The FR Box SHOULD go without objection - although at MY post office NOTHING goes without objection!!!!


A few of my recent favorites as I tried to mail something:
"DO you know every time the gas goes up a cent, it costs US 3 million dollars a DAY????"  Postage was ONLY raised TWO CENTS the last time, we can't make ends meet that WAY!!!!


----------



## ed4copies (Oct 16, 2007)

Oh, and Joe - ANY NUMBER of things can make it show up on YOUR porch.  The USPS seems unable to understand that I want it OVERSEAS.  I could have LEFT it on MY porch, WITHOUT their help!!![:0][:0][:0][:0]


----------



## skiprat (Oct 16, 2007)

I'm not too familiar with your postal system, but I have recieved 
'USPS International Flat Rate Envelopes' here in the UK. they have been delivered straight to my door without any inspection or charges applied. []
I have also recieved lighter parcels, but in <b>boxes</b> that have cost me dearly.[]

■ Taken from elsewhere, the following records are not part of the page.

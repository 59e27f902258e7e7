//! Designs by other Miller numbers than their own.

ghost use Rattle.std.specs.Prelude.{◌≡◌};
ghost use Rattle.xt_model.specs.Levels.{AreLevelled};
ghost use Rattle.xt_model.specs.Sound.{IsSound};
ghost use Rattle.call_meaning.specs.Outcome.{counted_by};

use xt_model::{Design, Miller};

/// The design whose couplings count by these Miller numbers, where there are any, in place of its own.
pub fn counted_by(design: Design, miller: Option<Miller>) -> Design
    requires sound { IsSound design }
    requires levelled { AreLevelled design.nets }
    ensures value { result ≡ counted_by miller design }
    ensures sound { IsSound result }
    ensures levelled { AreLevelled result.nets }
{
    match miller {
        Some(miller) => design.with_miller(miller),
        None => design,
    }
}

I am starting to think that if the postman can carry it and fit it in your letter box then it should be no problem. But if it's in a box, it attracts the attention of the customs men and incurs additional clearing and delivery charges. I have trawled the UK customs rules, but I found them far too confusing for me to understand.
I have also found that the less professionally the package appears to be packed and labelled, the less chance it draws attention.

I really wish that this topic could go much further and some of the boffins would comment. It is often seen here that items for sale or auction etc are restricted to USA, and vice versa. 
For an example, I sent a parcel to Canada at the same time as someone else from UK. Coincedentally, our parcels had very similar weight (10kg) however, the recipient got mine for no extra costs but was apparently really stung hard for the other one. 

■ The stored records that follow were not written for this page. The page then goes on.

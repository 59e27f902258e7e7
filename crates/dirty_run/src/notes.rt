//! What a worker notes of its evaluations in a round, and what was noted in the round before.

ghost use Rattle.std.specs.Prelude.{◌≡◌, ◌<◌, List, [], length, IfOk, IfSome};
ghost use Rattle.std.specs.List.{All};
ghost use Rattle.xt_model.specs.Parts.{Parts};
ghost use Rattle.xt_model.specs.Quads.{IsPairInRange};
ghost use Rattle.chaos_core.specs.Tasks.{list_of, evaluated};
ghost use Rattle.chaos_core.specs.Views.{IsLoaded};
ghost use Rattle.dirty_run.specs.Notes.{AreNotes, IsRecalled};

use crate::worker::Run;
use net_eval::ReadLists;
use std::alloc::Global;
use std::mem;
use xt_model::{Design, NetId, NoMemory, Pair};

/// How many numbers all workers have room to note in a round, for each net of the design: those of eight nets, twice,
/// since they need not share evenly.
const NUMBERS: usize = 128;

/// Room for several items, or for none where there is no memory for these.
fn room_for<T>(alloc: Global, count: usize) -> Vec<T>
    ensures { result.items ≡ [] }
{
    match Vec::with_capacity(alloc, count) {
        Ok(room) => room,
        Err(_) => Vec::new(alloc),
    }
}

/// An evaluation of a net: from which place on the numbers are that were loaded for its read list, and what the
/// operator made of these.
#[derive(Drop)]
pub(crate) struct Note {
    net: NetId,
    from: usize,
    pair: Pair,
}

/// What a worker noted in a round: its evaluations, and the numbers that it loaded for these, one after another. It has
/// room for twice its share of the nets; what of that room is not written to takes no memory of the machine.
#[derive(Drop)]
pub(crate) struct Notes {
    numbers: Vec<u64>,
    entries: Vec<Note>,
}

/// The numbers that were loaded for the read list of a net, and what the operator made of these.
#[derive(Drop)]
pub(crate) struct Recalled<'a> {
    pub(crate) numbers: &'a [u64],
    pub(crate) pair: &'a Pair,
}

impl Notes {
    /// Nothing is noted yet by one of this many workers. Where there is no memory for notes, none is made later.
    pub(crate) fn new(alloc: Global, design: &Design, workers: u32) -> Notes
        ensures { result.entries.items ≡ [] }
    {
        let nets = design.nets().len();
        let shares = (workers as usize).max(1);
        let numbers = room_for(alloc, NUMBERS * nets / shares);
        let entries = room_for(alloc, 2 * nets / shares);
        Notes { numbers, entries }
    }

    /// Forgets all notes.
    fn clear(&mut self)
        ensures { self.new.entries.items ≡ [] }
    {
        self.entries.clear();
        self.numbers.clear();
    }

    /// Notes an evaluation of numbers that were loaded for a net's read list, where there is room for it.
    pub(crate) fn note(&mut self, net: NetId, loaded: &[u64], pair: &Pair)
        requires range { IsPairInRange pair.now }
        ensures { (d : Parts) (lists : List (List NetId)) → AreNotes d lists self.old
            → IsLoaded d (list_of lists net.0) net.0 loaded.now
            → pair.now ≡ evaluated d (list_of lists net.0) loaded.now net.0
            → AreNotes d lists self.new }
    {
        let from = self.numbers.len();
        if self.numbers.capacity() - from < loaded.len()
            || self.entries.len() == self.entries.capacity()
        {
            return;
        }
        let Ok(()) = self.numbers.extend_from_slice(loaded) else {
            return;
        };
        self.entries.push_reserved(Note {
            net,
            from,
            pair: *pair,
        });
    }

    /// What a note says, where it is one of this net.
    fn recall<G>(&self, run: &Run<'_, G>, net: NetId, place: usize) -> Option<Recalled<'_>>
        requires notes { AreNotes run.now.design.now run.now.lists.now self.now }
        requires there { net.0 < length run.now.lists.now }
        ensures { IfSome result (IsRecalled run.now.design.now run.now.lists.now net.0) }
    {
        if place >= self.entries.len() {
            return None;
        }
        let note = &self.entries[place];
        if note.net.0 != net.0 {
            return None;
        }
        let past = note.from + 8 * run.lists.of(net).len();
        Some(Recalled {
            numbers: &self.numbers.as_slice()[note.from..past],
            pair: &note.pair,
        })
    }
}

/// Where to look for a note: in whose notes, and which of these.
#[derive(Clone, Copy, Drop)]
struct Place {
    worker: usize,
    entry: usize,
}

/// What each worker noted in the round before, and for each net where there would be a note of it.
#[derive(Drop)]
pub(crate) struct Before {
    notes: Vec<Notes>,
    places: Vec<Place>,
}

/// Writes for each net that is noted by a worker where its note is.
fn write_places(worker: usize, entries: &[Note], places: &mut [Place]) {
    for entry in 0..entries.len() {
        let net = entries[entry].net.0 as usize;
        if net < places.len() {
            places[net] = Place { worker, entry };
        }
    }
}

impl Before {
    /// No round was made yet. There is room for the notes of this many workers.
    pub(crate) fn new(
        alloc: Global,
        design: &Design,
        lists: &ReadLists,
        workers: u32,
    ) -> Result<Before, NoMemory>
        ensures notes { IfOk result (λ before. All (AreNotes design.now lists.now) before.notes.items) }
        ensures count { IfOk result (λ before. length before.notes.items ≡ workers) }
    {
        let mut notes = Vec::with_capacity(alloc, workers as usize)?;
        for _number in 0..workers {
            notes.push(Notes::new(alloc, design, workers))?;
        }
        let first = Place {
            worker: 0,
            entry: 0,
        };
        let places = vec![in alloc; first; lists.count()]?;
        Ok(Before { notes, places })
    }

    /// What was noted of a net in the round before.
    pub(crate) fn recall<G>(&self, run: &Run<'_, G>, net: NetId) -> Option<Recalled<'_>>
        requires notes { All (AreNotes run.now.design.now run.now.lists.now) self.now.notes.items }
        requires there { net.0 < length run.now.lists.now }
        ensures { IfSome result (IsRecalled run.now.design.now run.now.lists.now net.0) }
    {
        if net.0 as usize >= self.places.len() {
            return None;
        }
        let place = self.places[net.0 as usize];
        if place.worker >= self.notes.len() {
            return None;
        }
        self.notes[place.worker].recall(run, net, place.entry)
    }

    /// Takes what a worker noted in a round in place of what it noted in the round before, and leaves it room to note
    /// anew.
    pub(crate) fn take(&mut self, worker: usize, notes: &mut Notes)
        requires { worker < length self.old.notes.items }
        ensures notes { (d : Parts) (lists : List (List NetId)) → AreNotes d lists notes.old
            → All (AreNotes d lists) self.old.notes.items
            → AreNotes d lists notes.new × All (AreNotes d lists) self.new.notes.items }
        ensures count { length self.new.notes.items ≡ length self.old.notes.items }
    {
        write_places(worker, notes.entries.as_slice(), self.places.as_mut_slice());
        mem::swap(&mut self.notes[worker], notes);
        notes.clear();
    }
}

I believe that if the IAP wants to really be international then this should be a topic/forum on its own. I'm not advocating trying to con our way around the systems, but to know up front what we should expect to pay to send and when we will need to pay to recieve.
The IAP is now massive, there MUST be someone who knows the rules.

I do know for a fact that simply marking a package as a gift, rarely works.[] Nearly a year ago, I paid Â£38 to recieve my 'mug-o-blanks'
Jeff had very clearly marked it as a gift. 

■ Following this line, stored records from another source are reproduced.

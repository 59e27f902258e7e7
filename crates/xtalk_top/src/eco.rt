//! The command `eco`.

ghost use Rattle.std.specs.Prelude.{◌≡◌, [], ◌∷◌, IfErr};
ghost use Rattle.command_line.specs.Words.{Text, IsWorkerCount};
ghost use Rattle.call_meaning.specs.Outcome.{prints};
ghost use Rattle.call_meaning.specs.Opened.{FailsAfter, HasValue, OpensFirst};
ghost use Rattle.call_meaning.specs.Call.{Answers};
ghost use Rattle.call_meaning.specs.Eco.{EcoMeans};
ghost use Rattle.call_meaning.specs.declared.refusal.Failure.TheVariants.{NoText};

use crate::counted::counted_by;
use crate::edits::report_of_edits;
use crate::input::read_design;
use call_files::read_file;
use call_meaning::Stop;
use chaos_core::Gate;
use command_line::EcoJob;
use std::alloc::Global;
use std::mem;
use std::thread::Threads;
use xt_io::Files;

/// The whole report of the design whose linked text the job's file holds, by the job's Miller numbers where it has any,
/// after the edits that the job's second file says, solved by the job's workers.
pub fn eco<R: Threads + Sync, F: Files, G: Gate>(
    rt: &R,
    alloc: Global,
    gate: &G,
    files: &mut F,
    job: EcoJob,
) -> Result<Vec<u8>, Stop>
    requires { IsWorkerCount job.workers }
    ensures means { let Meant = EcoMeans job (F.content files.old) in
        Answers result (λ text. Meant (prints text.items)) Meant (F.faults files.old) (F.faults files.new) }
    ensures opened { OpensFirst (job.file ∷ job.edits ∷ []) (HasValue result)
        (F.opened files.old) (F.opened files.new) }
    ensures stopped { IfErr result (λ stop. FailsAfter (job.file ∷ job.edits ∷ [])
        (F.opened files.old) (F.opened files.new) (NoText stop)) }
    ensures content { (m : Text) → F.content files.new m ≡ F.content files.old m }
{
    let EcoJob {
        file,
        edits,
        workers,
        miller,
    } = job;
    let (file, bytes) = read_file(alloc, files, file)?;
    let design = read_design(alloc, file, bytes)?;
    match read_file(alloc, files, edits) {
        Ok((edits, lines)) => {
            let design = counted_by(design, miller);
            report_of_edits(rt, alloc, gate, &edits, &lines, design, workers)
        }
        Err(stop) => {
            mem::drop(design);
            Err(stop)
        }
    }
}
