//! The design that a linked text holds.

ghost use Rattle.std.specs.Prelude.{◌≤◌, length, IfOk, IfErr};
ghost use Rattle.call_meaning.specs.Outcome.{LinkedMeans, IsDesignText};
ghost use Rattle.call_meaning.specs.FailureWords.{most_bytes};
ghost use Rattle.call_meaning.specs.Call.{IsStop};

use call_meaning::{FileRefusal, PassedLimit, Refusal, Stop, TextRefusal};
use command_line::FileName;
use linked_text::{LinkedFault, read_linked_text};
use std::alloc::Global;
use xt_model::Design;

/// The design whose linked text a file of this name holds.
pub fn read_design(alloc: Global, file: FileName, bytes: Vec<u8>) -> Result<Design, Stop>
    requires { length bytes.items ≤ most_bytes }
    ensures ok { IfOk result (IsDesignText bytes.items) }
    ensures stop { IfErr result (IsStop (LinkedMeans file bytes.items (λ _. ⊥)) (λ _. ⊥)) }
{
    match read_linked_text(alloc, bytes) {
        Ok(design) => Ok(design),
        Err(LinkedFault::Refused { line, code }) => Err(Stop::Refused(Refusal::File {
            file,
            why: FileRefusal::Content(TextRefusal::At { line, code }),
        })),
        Err(LinkedFault::Limit { what, name, value }) => Err(Stop::Refused(Refusal::File {
            file,
            why: FileRefusal::Content(TextRefusal::Beyond(PassedLimit { what, name, value })),
        })),
        Err(LinkedFault::NoMemory) => Err(Stop::NoMemory),
    }
}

I am about to send another parcel to USA and I REALLY don't want the recipient to have to pay anything. Any ideas?


----------



## pilot1022 (Oct 16, 2007)

Skiprat, Thanks for your comments. I think, I opened a can of worms here. I like the idea of Ed's post of labeling the box "salesman samples" for the custom people, it must have worked for him. 
Over the years I have heard so many horror stories aBout shipping from one country to another, and all the confusing rules and regulations I think it comes down to this, the people that handle the postal and customs packages if they had a good day or a good night then your package goes thru , if they did not then you get screwed.[8] All comes down to the mood there in. [}][}]


----------



## ed4copies (Oct 16, 2007)

I send and receive quite a number of samples.  

Since the "going rate" for customs seems to be between 5 and 10%, a package that contains up to $50 really isn't worth their trouble, anyhow.

When I get the 150kg shipments, it makes sense to have to pay customs.


----------



## skiprat (Oct 16, 2007)

Ed, I will hopefully be recieving a parcel from you and Dawn soon. Just for the exercise, please mark it as samples and put the value at $50. I'll take the blow from customs and post what it costs.
( If it has not already been sent)

I would love to hear experiences from others on this subject.


----------



## ed4copies (Oct 16, 2007)

Careful, Skippy.

Somebody posted the other day that customs hit them for $25 (I think it was Canada tho') for a package that was e-bay $15 purchase.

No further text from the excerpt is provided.